__Task brief__
Print all the entries exactly.

[Stored items from a collection]
//! What the calls on a queue show by which enqueues are too late: what goes in before a call that finds the queue empty comes out
//! before it.

ghost use Rattle.std.specs.Prelude.{◌≡◌, [], IfOk};
ghost use Rattle.lin_ahead.specs.Queues.ToldOfQueue.{queue_empty, queue_empty_row};

use crate::items::late_pushes::LateRows;
use lin_history::ProblemCall;
use lin_object::{Op, Reply};
use std::alloc::{AllocError, Global};

// Whether the call returned as it found the queue empty.
fn queue_empty(call: &ProblemCall<Op, Reply>) -> bool
    ensures { result ≡ queue_empty call.now.op call.now.returned }
{
    matches!(
        (&call.op, &call.returned),
        (Op::Dequeue, Some((_, Reply::Empty)))
    )
}

// For each call whether it did.
fn queue_empty_row(alloc: Global, calls: &[ProblemCall<Op, Reply>]) -> Result<Vec<bool>, AllocError>
    ensures { IfOk result (λ row. row.items ≡ queue_empty_row calls.now) }
{
    calls.iter().map(|call| queue_empty(call)).collect(alloc)
}

/// What is known of each call by which enqueues are too late, by the event at which, or later, a call was called that may take
/// what it puts in.
pub(crate) fn late_enqueues(
    alloc: Global,
    from: &[u64],
    calls: &[ProblemCall<Op, Reply>],
) -> Result<LateRows, AllocError>
    ensures from { IfOk result (λ late. late.from.items ≡ from.now) }
    ensures poppers { IfOk result (λ late. late.poppers.items ≡ []) }
    ensures found_empty { IfOk result (λ late. late.found_empty.items
        ≡ queue_empty_row calls.now) }
{
    Ok(LateRows {
        from: Vec::from_slice(alloc, from)?,
        poppers: Vec::new(alloc),
        found_empty: queue_empty_row(alloc, calls)?,
    })
}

__Expected answer__
//! What the calls on a queue show by which enqueues are too late: what goes in before a call that finds the queue empty comes out
//! before it.

ghost use Rattle.std.specs.Prelude.{◌≡◌, [], IfOk};
ghost use Rattle.lin_ahead.specs.Queues.ToldOfQueue.{queue_empty, queue_empty_row};

use crate::items::late_pushes::LateRows;
use lin_history::ProblemCall;
use lin_object::{Op, Reply};
use std::alloc::{AllocError, Global};

// Whether the call returned as it found the queue empty.
fn queue_empty(call: &ProblemCall<Op, Reply>) -> bool
    ensures { result ≡ queue_empty call.now.op call.now.returned }
{
    matches!(
        (&call.op, &call.returned),
        (Op::Dequeue, Some((_, Reply::Empty)))
    )
}

// For each call whether it did.
fn queue_empty_row(alloc: Global, calls: &[ProblemCall<Op, Reply>]) -> Result<Vec<bool>, AllocError>
    ensures { IfOk result (λ row. row.items ≡ queue_empty_row calls.now) }
{
    calls.iter().map(|call| queue_empty(call)).collect(alloc)
}

/// What is known of each call by which enqueues are too late, by the event at which, or later, a call was called that may take
/// what it puts in.
pub(crate) fn late_enqueues(
    alloc: Global,
    from: &[u64],
    calls: &[ProblemCall<Op, Reply>],
) -> Result<LateRows, AllocError>
    ensures from { IfOk result (λ late. late.from.items ≡ from.now) }
    ensures poppers { IfOk result (λ late. late.poppers.items ≡ []) }
    ensures found_empty { IfOk result (λ late. late.found_empty.items
        ≡ queue_empty_row calls.now) }
{
    Ok(LateRows {
        from: Vec::from_slice(alloc, from)?,
        poppers: Vec::new(alloc),
        found_empty: queue_empty_row(alloc, calls)?,
    })
}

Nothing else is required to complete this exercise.